# Unusual projection problem



## lilricky (Jan 6, 2019)

My boss came up with an idea the other day. He would like to project "Welcome to" on the steel portion of this bridge. West facing location. Projector, pin spot w/ gobo? City wont allow a banner. Any ideas appreciated.


----------



## RonHebbard (Jan 6, 2019)

lilricky said:


> My boss came up with an idea the other day. He would like to project "Welcome to" on the steel portion of this bridge. West facing location. Projector, pin spot w/ gobo? City wont allow a banner. Any ideas appreciated.View attachment 17259


 
*@lilricky* Since no one else has posted yet, what are you seeing as a problem? If you want to maximize your intensity consider making your gobo in two or three sections and using narrower lenses to increase your intensity. Let me call *@GreyWyvern* and his team of Apollo apollites for you. 
Toodleoo! 
Ron Hebbard


----------



## lilricky (Jan 6, 2019)

Thx,
I think my question might with the light source. Any recommendations?


----------



## seanandkate (Jan 6, 2019)

I would use a Source 4 (usually more durable in an outside environment than a projector) and choose the beam angle based on where you can mount it. A LOT will depend on that. You want to try to get as on-axis as you can to avoid lateral keystoning. If you can get an LED Source 4, then you can more easily make your own gobo out of a transparency, and tweek any keystoning issues yourself.


----------



## danTt (Jan 6, 2019)

How long is this hoped to be installed for? Do you have a location for equipment that is sheltered from weather or does this gear need to be outdoor rates? Does this need to be visible at all times or only when dark?


----------



## Jay Ashworth (Jan 6, 2019)

Yeah, the fundamental question is "Does this need to be really well readable in bright sunlight?"

If it does, you're going to be hard pressed to do it with theatrical equipment, I suspect. Noon sun is 7-9 stops brighter than a brightly lit stage, IIRC.


----------



## Amiers (Jan 7, 2019)

This looks like a desolate area will anyone even see this?

I would say maybe sway his opinion to some sort of banner that is close to but not on the bridge.
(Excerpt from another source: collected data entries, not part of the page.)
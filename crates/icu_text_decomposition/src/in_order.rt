//! Whether marks stand in canonical order.

ghost use Rattle.std.specs.Prelude.{◌≡◌, ◌∷◌, true, IsTrue};
ghost use Rattle.unicode_normalization.specs.Order.{is_ordered};
ghost use Rattle.icu_text_decomposition.specs.inner.FrontMarks.{front_marks};
ghost use Rattle.icu_text_decomposition.specs.inner.Parts.{parts_left};

use crate::char_parts::Parts;
use icu_text_encodings::EncodedText;
use unicode_normalization::char::canonical_combining_class;

/// Whether a mark and the marks that follow it up to the next starter stand in canonical order.
pub(crate) fn are_in_order<T: EncodedText>(mark: char, after: Parts<T>) -> bool
    ensures { IsTrue result → is_ordered (mark ∷ front_marks (parts_left T.text after)) ≡ true }
{
    let mut class = canonical_combining_class(mark);
    let mut rest = after;
    'marks: while let Some(c) = rest.next() {
        let next = canonical_combining_class(c);
        if next == 0 {
            return true;
        }
        if next < class {
            return false;
        }
        class = next;
    }
    true
}
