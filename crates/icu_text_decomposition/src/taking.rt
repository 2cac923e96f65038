//! A place ahead of the text that is still to be read, up to which characters were passed over.

ghost use Rattle.std.specs.Prelude.{◌≡◌, ◌≤◌, ◌+◌, ◌∷◌, ◌++◌, [], ℕ, List, None, false, IfSome, take, option_to_list};
ghost use Rattle.unicode_normalization.specs.Forms.{nfd};
ghost use Rattle.icu_text_decomposition.specs.MarkClasses.{AreMarks};
ghost use Rattle.icu_text_decomposition.specs.UnreadTexts.{IsUnblocked, without_last, marks_up_to};
ghost use Rattle.icu_text_decomposition.specs.inner.BeginningMarks.{BeginsAbove};
ghost use Rattle.icu_text_decomposition.specs.declared.run_text.RunText.{RunText};
ghost use Rattle.icu_text_decomposition.specs.inner.OrderedParts.{IsPlace, order_left};
ghost use Rattle.icu_text_decomposition.specs.inner.RunTexts.{IsRunText};
ghost use Rattle.icu_text_decomposition.specs.inner.Taking.{IsTaking, IsLook, unread_of, ahead_of, passed_of, left_behind};

use crate::char_parts::Parts;
use crate::found_mark::find_mark;
use crate::ordered_parts::OrderedParts;
use crate::run_text::RunText;
use icu_text_encodings::EncodedText;
use unicode_normalization::char::canonical_combining_class;

/// A place ahead.
#[derive(Clone, Copy)]
pub(crate) enum Look<T> {
    /// The marks of the run that have classes below this one were passed over.
    Class(usize),
    /// Those marks were passed over, and of this class those up to a place.
    Mark(usize, Parts<T>),
    /// The run was passed over, and what stands up to a place behind it.
    Rest(OrderedParts<T>),
}

/// A text that is still to be read, and a place ahead.
#[derive(Clone, Copy)]
pub(crate) struct Taking<T> {
    pub(crate) text: RunText<T>,
    pub(crate) look: Look<T>,
}

impl<T: EncodedText> Taking<T> {
    /// A text of which nothing was read.
    pub(crate) fn new(text: T) -> Taking<T>
        ensures taking { IsTaking T.text result }
        ensures unread { unread_of T.text result ≡ nfd (T.text text) }
        ensures look { ahead_of T.text result ≡ unread_of T.text result }
    {
        let text = RunText::new(text);
        Taking {
            text,
            look: Look::Class(text.class),
        }
    }

    /// Reads the next character. None is passed over any more.
    pub(crate) fn next(&mut self) -> Option<char>
        requires { IsTaking T.text self.old }
        ensures taking { IsTaking T.text self.new }
        ensures next { unread_of T.text self.old
            ≡ option_to_list result ++ unread_of T.text self.new }
        ensures end { result ≡ None → unread_of T.text self.old ≡ [] }
        ensures look { ahead_of T.text self.new ≡ unread_of T.text self.new }
    {
        let next = self.text.next();
        self.look_back();
        next
    }

    /// Goes back to the next character: none is passed over any more.
    pub(crate) fn look_back(&mut self)
        requires { IsRunText T.text self.old.text }
        ensures taking { IsTaking T.text self.new }
        ensures unread { unread_of T.text self.new ≡ unread_of T.text self.old }
        ensures look { ahead_of T.text self.new ≡ unread_of T.text self.new }
    {
        self.look = Look::Class(self.text.class);
    }

    /// The next character from a class of the run on, and the place behind it.
    fn ahead_of_class(&self, class: usize) -> Option<(char, Look<T>)>
        requires text { IsRunText T.text self.now.text }
        requires class { class ≤ 256 }
        ensures look { IfSome result (λ p. IsLook T.text p.1) }
        ensures next { IfSome result (λ p. left_behind T.text self.now.text (Look.Class class)
            ≡ p.0 ∷ left_behind T.text self.now.text p.1) }
        ensures none { result ≡ None
            → left_behind T.text self.now.text (Look.Class class) ≡ [] }
    {
        match self.text.places.first_from(class) {
            Some(found) => Some((found.mark, Look::Mark(found.class, found.after))),
            None => behind_run(self.text.rest),
        }
    }

    /// The next character that wasn't passed over, and the place behind it.
    fn ahead(&self) -> Option<(char, Look<T>)>
        requires { IsTaking T.text self.now }
        ensures look { IfSome result (λ p. IsLook T.text p.1) }
        ensures next { IfSome result (λ p. ahead_of T.text self.now
            ≡ p.0 ∷ left_behind T.text self.now.text p.1) }
        ensures none { result ≡ None → ahead_of T.text self.now ≡ [] }
    {
        match self.look {
            Look::Class(class) => self.ahead_of_class(class),
            Look::Mark(class, at) => match find_mark(class, at) {
                Some(found) => Some((found.mark, Look::Mark(class, found.after))),
                None => self.ahead_of_class(class + 1),
            },
            Look::Rest(place) => behind_run(place),
        }
    }

    /// Passes over the next character that wasn't passed over, and returns it; `None` after the last one.
    pub(crate) fn pass(&mut self) -> Option<char>
        requires { IsTaking T.text self.old }
        ensures taking { IsTaking T.text self.new }
        ensures unread { unread_of T.text self.new ≡ unread_of T.text self.old }
        ensures next { ahead_of T.text self.old
            ≡ option_to_list result ++ ahead_of T.text self.new }
        ensures end { result ≡ None → ahead_of T.text self.old ≡ [] }
    {
        let (c, look) = self.ahead()?;
        self.look = look;
        Some(c)
    }

    /// Whether a mark of this class or a lower one comes next.
    fn goes_on(&self, class: u8) -> bool
        requires { IsTaking T.text self.now }
        ensures { result ≡ false → BeginsAbove (class + 1) (ahead_of T.text self.now) }
    {
        match self.ahead() {
            Some((c, _)) => is_mark_up_to(c, class),
            None => false,
        }
    }

    /// Passes over the marks that come next and have this class or a lower one. Where there are any, the run is read by
    /// places from now on, so that no mark between is looked at.
    pub(crate) fn pass_up_to(&mut self, class: u8)
        requires taking { IsTaking T.text self.old }
        requires marks { AreMarks (class + 1)
            (take (passed_of T.text self.old) (unread_of T.text self.old)) }
        ensures taking { IsTaking T.text self.new }
        ensures unread { unread_of T.text self.new ≡ unread_of T.text self.old }
        ensures passed { unread_of T.text self.old
            ≡ marks_up_to class (unread_of T.text self.old) ++ ahead_of T.text self.new }
    {
        if self.text.has_places() || self.goes_on(class) {
            self.text.begin_run();
            self.look = Look::Class(self.text.class.max(usize::from(class) + 1));
        }
    }

    /// Takes the mark that was passed over last.
    pub(crate) fn take(&mut self, mark: char)
        requires taking { IsTaking T.text self.old }
        requires unblocked { IsUnblocked (unread_of T.text self.old)
            (passed_of T.text self.old) mark }
        ensures taking { IsTaking T.text self.new }
        ensures unread { unread_of T.text self.new
            ≡ without_last (unread_of T.text self.old) (passed_of T.text self.old) }
        ensures ahead { ahead_of T.text self.new ≡ ahead_of T.text self.old }
    {
        self.text.take(mark);
        self.look = Look::Class(usize::from(canonical_combining_class(mark)));
    }
}

/// Whether a character is a mark of this class or a lower one.
fn is_mark_up_to(c: char, class: u8) -> bool
    ensures { result ≡ false → (cs : List ℕ) → BeginsAbove (class + 1) (c ∷ cs) }
{
    let own = canonical_combining_class(c);
    own != 0 && own <= class
}

/// The next character at a place behind the run, and the place behind it.
fn behind_run<T: EncodedText>(place: OrderedParts<T>) -> Option<(char, Look<T>)>
    requires { IsPlace T.text place }
    ensures look { IfSome result (λ p. IsLook T.text p.1) }
    ensures next { IfSome result (λ p. (t : RunText T)
        → order_left T.text place ≡ p.0 ∷ left_behind T.text t p.1) }
    ensures none { result ≡ None → order_left T.text place ≡ [] }
{
    let mut after = place;
    let c = after.next()?;
    Some((c, Look::Rest(after)))
}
Maybe from the front building to the back building on the right.


----------



## microstar (Jan 7, 2019)

Maybe project from the top window of the building to a large area of the underside of the bridge, as it might be in shade all the time and you will have a much brighter image.


----------



## lilricky (Jan 7, 2019)

seanandkate said:


> I would use a Source 4 (usually more durable in an outside environment than a projector) and choose the beam angle based on where you can mount it. A LOT will depend on that. You want to try to get as on-axis as you can to avoid lateral keystoning. If you can get an LED Source 4, then you can more easily make your own gobo out of a transparency, and tweek any keystoning issues yourself.
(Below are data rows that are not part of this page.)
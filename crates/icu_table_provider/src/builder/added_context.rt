//! Contexts that are added to those of a table.
ghost use Rattle.std.specs.Prelude.{◌≡◌, ◌++◌, ◌∷◌, [], List, length, map, IfOk, OnOk, OnErr};
ghost use Rattle.icu_table_data.specs.Contexts.{HasRangesInside, stored_contexts};
ghost use Rattle.icu_table_data.specs.Data.{Mapping};
ghost use Rattle.icu_table_provider.specs.builder.AddedContexts.{given_context, given_mapping};
ghost use Rattle.icu_table_provider.specs.builder.inner.AddedMappings.{AddsMappings};

use icu_table_data::{Context, ContextMapping};
use icu_table_entries::CollationElement32;
use std::alloc::AllocError;

/// Adds a context with its mappings, each a list of characters and its entry, after those that are there. An `Err`, out
/// of memory or since an index is past 2^32, leaves all as it was.
pub(crate) fn add_context(
    contexts: &mut Vec<Context>,
    mappings: &mut Vec<ContextMapping>,
    chars: &mut Vec<char>,
    default: CollationElement32,
    given: &[(&[char], CollationElement32)],
) -> Result<(), AllocError>
    ensures adds { OnOk result
        (HasRangesInside contexts.old.items mappings.old.items chars.old.items
        → stored_contexts contexts.new.items mappings.new.items chars.new.items
        ≡ stored_contexts contexts.old.items mappings.old.items chars.old.items
        ++ given_context default given.entry.now ∷ []) }
    ensures inside { HasRangesInside contexts.old.items mappings.old.items chars.old.items
        → HasRangesInside contexts.new.items mappings.new.items chars.new.items }
    ensures err { OnErr result ((contexts.new.items ≡ contexts.old.items)
        × (mappings.new.items ≡ mappings.old.items)
        × (chars.new.items ≡ chars.old.items)) }
{
    let mapping_count = mappings.len();
    let char_count = chars.len();
    match push_context(contexts, mappings, chars, default, given) {
        Ok(()) => Ok(()),
        Err(error) => {
            mappings.truncate(mapping_count);
            chars.truncate(char_count);
            Err(error)
        }
    }
}

/// Adds a context with its mappings after those that are there. An `Err` may leave mappings and characters behind.
#[tactic(auto, using(crate::proofs::builder::AddedMappingLemmas::grows_by_none))]
fn push_context(
    contexts: &mut Vec<Context>,
    mappings: &mut Vec<ContextMapping>,
    chars: &mut Vec<char>,
    default: CollationElement32,
    given: &[(&[char], CollationElement32)],
) -> Result<(), AllocError>
    ensures pushed { OnOk result (contexts.new.items ≡ contexts.old.items ++ record {
      default = default;
      mappings_start = length mappings.old.items;
      mappings_len = length given.entry.now;
    } ∷ []) }
    ensures adds { OnOk result (AddsMappings
        mappings.old.items chars.old.items mappings.new.items chars.new.items
        (map given_mapping given.entry.now)) }
    ensures err { OnErr result (contexts.new.items ≡ contexts.old.items) }
    ensures grows { OnErr result ((said : List Mapping)
        × AddsMappings mappings.old.items chars.old.items mappings.new.items chars.new.items said) }
{
    let mappings_start = as_stored(mappings.len())?;
    let mappings_len = as_stored(given.len())?;
    push_mappings(mappings, chars, given)?;
    contexts.push(Context {
        default: default.bits(),
        mappings_start,
        mappings_len,
    })?;
    Ok(())
}

/// Appends mappings with their characters.
fn push_mappings(
    mappings: &mut Vec<ContextMapping>,
    chars: &mut Vec<char>,
    given: &[(&[char], CollationElement32)],
) -> Result<(), AllocError>
    ensures adds { OnOk result (AddsMappings
        mappings.old.items chars.old.items mappings.new.items chars.new.items
        (map given_mapping given.entry.now)) }
    ensures grows { OnErr result ((said : List Mapping)
        × AddsMappings mappings.old.items chars.old.items mappings.new.items chars.new.items said) }
{
    for (list, entry) in given {
        push_mapping(mappings, chars, list, *entry)?;
    }
    Ok(())
}

/// Appends one mapping, or nothing.
fn push_mapping(
    mappings: &mut Vec<ContextMapping>,
    chars: &mut Vec<char>,
    list: &[char],
    entry: CollationElement32,
) -> Result<(), AllocError>
    ensures mapping { OnOk result (mappings.new.items ≡ mappings.old.items ++ record {
      chars_start = length chars.old.items;
      chars_len = length list.now;
      entry = entry;
    } ∷ []) }
    ensures chars { OnOk result (chars.new.items ≡ chars.old.items ++ list.now) }
    ensures err { OnErr result ((mappings.new.items ≡ mappings.old.items)
        × (chars.new.items ≡ chars.old.items)) }
{
    let start = chars.len();
    let mapping = ContextMapping {
        chars_start: as_stored(start)?,
        chars_len: as_stored(list.len())?,
        entry: entry.bits(),
    };
    chars.extend_from_slice(list)?;
    if let Err(refused) = mappings.push(mapping) {
        chars.truncate(start);
        return Err(refused.into());
    }
    Ok(())
}

/// An index or a length as it is stored.
fn as_stored(n: usize) -> Result<u32, AllocError>
    ensures { IfOk result (λ stored. stored ≡ n) }
{
    match u32::try_from(n) {
        Ok(stored) => Ok(stored),
        Err(_) => Err(AllocError),
    }
}
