// What an accepted call answers. One that is refused answers its refusal, and the caller's records stand as they did:
// they are taken by value.
use super::records::{Deque, Span};

// The record after a call, and how many elements it moved.
#[derive(Clone, Copy)]
pub struct Change<R> {
    pub after: R,
    pub moved: usize,
}

// The record of the queue called on, and the other's.
#[derive(Clone, Copy)]
pub struct Pair {
    pub queue: Deque,
    pub other: Deque,
}

// The two runs of a range of positions.
#[derive(Clone, Copy)]
pub struct Runs {
    pub front: Span,
    pub back: Span,
}
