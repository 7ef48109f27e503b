// The refusals, and the tests that calls ask first.
ghost use Rattle.std.specs.Prelude.{true, ◌≡◌, ◌≤◌, OnOk};
ghost use Rattle.rules.specs.Drains.{good_drain, on_drain};
ghost use Rattle.rules.specs.Refusals.{good_head, good_rec, in_range, on_change, on_queue};
ghost use Rattle.rules.specs.Walks.{on_walk};
ghost use Rattle.queue.specs.Answers.{Fits, rec_of, number_of, number_in};
ghost use Rattle.queue.specs.Drains.{DrainFits, drain_of};
ghost use Rattle.queue.specs.Looks.{walk_of};

use super::records::{Deque, Drain, Walk};

// Why a call is refused, by its number from 1 on: too many slots, a record that is not good,
// a position past the end, no room, bytes that are no image, a move into the queue that is open.
#[derive(Clone, Copy, Debug, PartialEq, Eq)]
pub enum Refusal {
    Slots,
    Record,
    Position,
    Room,
    Image,
    Open,
}

impl Refusal {
    // Its number.
    #[tactic(auto, unfolding(crate::specs::Answers::number_of))]
    pub fn number(self) -> u16
        ensures { result ≡ number_of self }
    {
        match self {
            Refusal::Slots => 1,
            Refusal::Record => 2,
            Refusal::Position => 3,
            Refusal::Room => 4,
            Refusal::Image => 5,
            Refusal::Open => 6,
        }
    }
}

// Whether the record is good for so many slots.
fn good_record(cap: usize, q: Deque) -> bool
    ensures { result ≡ good_rec cap (rec_of q) }
{
    let head = q.head;
    let h = head.as_index();
    // the common case, by two tests alone
    if h < cap {
        return q.len <= cap;
    }
    // no slot at all
    if cap == 0 {
        if h == 0 {
            return q.len <= cap;
        }
    }
    false
}

// The tests of slots and record, in their order.
pub fn check(cap: usize, q: Deque) -> Result<(), Refusal>
    ensures number { number_in result ≡ on_queue cap (rec_of q) 0 }
    ensures fits { OnOk result (Fits cap q) }
{
    if cap <= rules::most_slots() {
        if good_record(cap, q) {
            return Ok(());
        }
        return Err(Refusal::Record);
    }
    Err(Refusal::Slots)
}

// The tests that a call of a kind that can change the queue asks first: slots, record, and whether a move into it is
// open. One that only looks asks `check`. A marked queue is asked apart: where its mark was asked behind the record, the
// compiler made one condition of both, and every push and pop was slower for it.
pub fn check_change(cap: usize, q: Deque) -> Result<(), Refusal>
    ensures number { number_in result ≡ on_change cap (rec_of q) 0 }
    ensures fits { OnOk result (Fits cap q) }
{
    if q.mark {
        check(cap, q)?;
        return Err(Refusal::Open);
    }
    check(cap, q)
}

// The tests of a range of the positions of `len` elements: it begins before it ends, and ends within them.
pub fn check_range(len: usize, start: usize, end: usize) -> Result<(), Refusal>
    ensures number { number_in result ≡ in_range len start end 0 }
    ensures within { OnOk result ((start ≤ end) × (end ≤ len)) }
{
    if start > end {
        return Err(Refusal::Position);
    }
    if end > len {
        return Err(Refusal::Position);
    }
    Ok(())
}

// Whether the parts of the drain's queue fit so many slots and what remains lies in the drained
// range, where the head is good. The numbers may be any: no sum is made before it is known to fit.
fn good_parts(cap: usize, d: Drain) -> bool
    requires { good_head cap d.head.0 ≡ true }
    ensures { result ≡ good_drain cap (drain_of d) }
{
    if d.start <= cap {
        let behind_start = cap - d.start;
        if d.drain_len <= behind_start {
            if d.tail_len <= behind_start - d.drain_len {
                if d.start <= d.idx {
                    let handed = d.idx - d.start;
                    if handed <= d.drain_len {
                        return d.remaining <= d.drain_len - handed;
                    }
                }
            }
        }
    }
    false
}

// Whether the drain's record is good for so many slots.
fn good_drain(cap: usize, d: Drain) -> bool
    ensures { result ≡ good_drain cap (drain_of d) }
{
    let head = d.head;
    let first = head.as_index();
    // the common case, by one test
    if first < cap {
        return good_parts(cap, d);
    }
    // no slot at all
    if cap == 0 {
        if first == 0 {
            return good_parts(cap, d);
        }
    }
    false
}

// The tests of slots and drain record, in their order.
pub fn check_drain(cap: usize, d: Drain) -> Result<(), Refusal>
    ensures number { number_in result ≡ on_drain cap (drain_of d) }
    ensures fits { OnOk result (DrainFits cap d) }
{
    if cap > rules::most_slots() {
        return Err(Refusal::Slots);
    }
    if good_drain(cap, d) {
        return Ok(());
    }
    Err(Refusal::Record)
}

// The tests of slots, record and a walk's ends, in their order.
pub fn check_walk(cap: usize, w: Walk) -> Result<(), Refusal>
    ensures number { number_in result ≡ on_walk cap (walk_of w) }
    ensures fits { OnOk result (Fits cap w.queue × (w.low ≤ w.high) × (w.high ≤ w.queue.len)) }
{
    check(cap, w.queue)?;
    if w.low > w.high {
        return Err(Refusal::Record);
    }
    if w.high > w.queue.len {
        return Err(Refusal::Record);
    }
    Ok(())
}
I like this idea, I'm guessing an led source 4 to keep the transparency from melting.


----------



## lilricky (Jan 7, 2019)

danTt said:


> How long is this hoped to be installed for? Do you have a location for equipment that is sheltered from weather or does this gear need to be outdoor rates? Does this need to be visible at all times or only when dark?



This will be a permanent install. Visible from late dusk to about 12am.


----------



## lilricky (Jan 7, 2019)

Amiers said:


> This looks like a desolate area will anyone even see this?
> 
> I would say maybe sway his opinion to some sort of banner that is close to but not on the bridge. Maybe from the front building to the back building on the right.
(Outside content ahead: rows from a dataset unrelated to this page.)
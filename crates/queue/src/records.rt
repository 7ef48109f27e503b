// The records of a queue, of its open drain, of a walk and of a run, and the functions that make them.
ghost use Rattle.std.specs.Prelude.{◌≡◌, ◌+◌, ◌<◌, ◌≤◌, eqb};
ghost use Rattle.rules.specs.Drains.{opened, one_less, from_front, from_back, spread, as_opened};
ghost use Rattle.rules.specs.Records.{stepped, new_rec, with_mark};
ghost use Rattle.rules.specs.Choices.{whether};
ghost use Rattle.rules.specs.Walks.{whole_walk};
ghost use Rattle.queue.specs.Answers.{rec_of};
ghost use Rattle.queue.specs.Drains.{drain_of};
ghost use Rattle.queue.specs.Looks.{walk_of};

use places::WrappedIndex;

// Element i stands `i` places on from `head`. The mark is set while elements are still to come, by portions, from the
// queue that is moved into this one.
#[derive(Clone, Copy)]
pub struct Deque {
    pub head: WrappedIndex,
    pub len: usize,
    pub mark: bool,
}

// The record of an open drain. In front of the drained range stand `start` elements, behind it `tail_len`; of its
// `drain_len` elements the `remaining` from position `idx` on are not handed over yet.
#[derive(Clone, Copy)]
pub struct Drain {
    pub head: WrappedIndex,
    pub start: usize,
    pub drain_len: usize,
    pub idx: usize,
    pub tail_len: usize,
    pub remaining: usize,
}

// What a caller keeps of a queue: its record, or that of its open drain.
#[derive(Clone, Copy)]
pub enum State {
    Shut(Deque),
    Draining(Drain),
}

// What is still to be walked: the positions from `low` to before `high`.
#[derive(Clone, Copy)]
pub struct Walk {
    pub queue: Deque,
    pub low: usize,
    pub high: usize,
}

// A part of the slots: from `start` to before `end`.
#[derive(Clone, Copy)]
pub struct Span {
    pub start: usize,
    pub end: usize,
}

// The record after an accepted call that leaves `len` elements from `head` on.
pub fn stepped(q: Deque, head: WrappedIndex, len: usize) -> Deque
    ensures { rec_of result ≡ stepped (rec_of q) head.0 len }
{
    Deque {
        head,
        len,
        mark: q.mark,
    }
}

// The record with the mark set, or cleared.
pub fn with_mark(q: Deque, mark: bool) -> Deque
    ensures { rec_of result ≡ with_mark mark (rec_of q) }
{
    let head = q.head;
    Deque {
        head,
        len: q.len,
        mark,
    }
}

// A new record over `len` elements that stand from the first slot on, without a mark.
pub fn new_record(len: usize) -> Deque
    ensures { rec_of result ≡ new_rec len }
{
    Deque {
        head: WrappedIndex::zero(),
        len,
        mark: false,
    }
}

// The head of a queue of `len` elements: the first slot if nothing remains.
pub fn head_over(head: WrappedIndex, len: usize) -> WrappedIndex
    ensures { result.0 ≡ whether (eqb len 0) 0 head.0 }
{
    if len == 0 {
        return WrappedIndex::zero();
    }
    head
}

// The drain of a range, as it is opened.
pub fn opened_drain(q: Deque, start: usize, end: usize) -> Drain
    requires { (start ≤ end) × (end ≤ q.len) }
    ensures { drain_of result ≡ opened (rec_of q) start end }
{
    let head = q.head;
    let drain_len = end - start;
    Drain {
        head,
        start,
        drain_len,
        idx: start,
        tail_len: q.len - end,
        remaining: drain_len,
    }
}

// The drain with one less to hand over, from position `idx` on.
fn one_less(d: Drain, idx: usize) -> Drain
    requires { 0 < d.remaining }
    ensures { drain_of result ≡ one_less (drain_of d) idx }
{
    let head = d.head;
    Drain {
        head,
        start: d.start,
        drain_len: d.drain_len,
        idx,
        tail_len: d.tail_len,
        remaining: d.remaining - 1,
    }
}

// The drain once its first remaining element is handed over.
pub fn from_front(d: Drain) -> Drain
    requires { (0 < d.remaining) × (d.idx + 1 < 18446744073709551616) }
    ensures { drain_of result ≡ from_front (drain_of d) }
{
    one_less(d, d.idx + 1)
}

// The drain once its last remaining element is handed over.
pub fn from_back(d: Drain) -> Drain
    requires { 0 < d.remaining }
    ensures { drain_of result ≡ from_back (drain_of d) }
{
    one_less(d, d.idx)
}

// The queue's record as the drain was opened, which it is only on a queue without a mark.
pub fn as_opened(d: Drain) -> Deque
    requires { spread (drain_of d) < 18446744073709551616 }
    ensures { rec_of result ≡ as_opened (drain_of d) }
{
    let head = d.head;
    Deque {
        head,
        len: d.start + d.drain_len + d.tail_len,
        mark: false,
    }
}

// The queue's record once the drain is closed and the elements that are left begin at `head`.
pub fn closed_record(d: Drain, head: WrappedIndex) -> Deque
    requires { spread (drain_of d) < 18446744073709551616 }
    ensures { rec_of result
        ≡ stepped (as_opened (drain_of d)) (whether (eqb (d.start + d.tail_len) 0) 0 head.0)
        (d.start + d.tail_len) }
{
    let len = d.start + d.tail_len;
    stepped(as_opened(d), head_over(head, len), len)
}

// The walk over the whole list of a queue.
pub fn whole_walk(q: Deque) -> Walk
    ensures { walk_of result ≡ whole_walk (rec_of q) }
{
    Walk {
        queue: q,
        low: 0,
        high: q.len,
    }
}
We thought about a banner of some sort, but the city put the kibash on that idea. Actually, this bridge is 15' from our front door.


----------



## lilricky (Jan 7, 2019)

danTt said:


> How long is this hoped to be installed for? Do you have a location for equipment that is sheltered from weather or does this gear need to be outdoor rates? Does this need to be visible at all times or only when dark?



It'll need to be outdoor rated, but will only need to be visible from dusk to about 12am


----------



## seanandkate (Jan 7, 2019)

lilricky said:


> I'm guessing an led source 4 to keep the transparency from melting.



Yup. But if it's going to be a permanent install, once you're happy with the image on the transparency, get one made in glass for more durability.


----------



## ruinexplorer (Jan 7, 2019)

How

lilricky said:


> This will be a permanent install. Visible from late dusk to about 12am.



Video projection should not be a consideration then. I would look at a beam projector aimed at the "architainment" market. Something like these.


----------



## cbrandt (Jan 7, 2019)

Elation and Chauvet both have very nice outdoor rated LED projectors.

Apollo's GoboPro+ is surprisingly powerful for such a small package.


----------



## Ford (Jan 7, 2019)

Hi Ricky,
The Ovation E260-WW IP is designed for just this sort of application. Ask your local Dealer or Rep for a demo.
One note... any fixture this bright is not going to do well with a transparency gobo. It will melt. You will want to use a steel gobo.
Appollo 3303 is a standard (cheap) gobo which says "WELCOME", but I'm not aware of any standard gobo which says "Welcome To".

-HTH,
-Ford


----------



## lilricky (Jan 8, 2019)

Ford said:


> Hi Ricky,
> The Ovation E260-WW IP is designed for just this sort of application. Ask your local Dealer or Rep for a demo.
> One note... any fixture this bright is not going to do well with a transparency gobo. It will melt. You will want to use a steel gobo.
> Appollo 3303 is a standard (cheap) gobo which says "WELCOME", but I'm not aware of any standard gobo which says "Welcome To".
> ...


As long as it says ‘Welcome to Knuckleheads’


----------



## Ford (Jan 8, 2019)

Lol...
Custom gobo it is!!!!


----------



## theatricalmatt (Jan 8, 2019)

If you want to get *really* bright, you could go with something like a Jo-Leko, which is a high-power HMI lamp fitted onto a Source Four body.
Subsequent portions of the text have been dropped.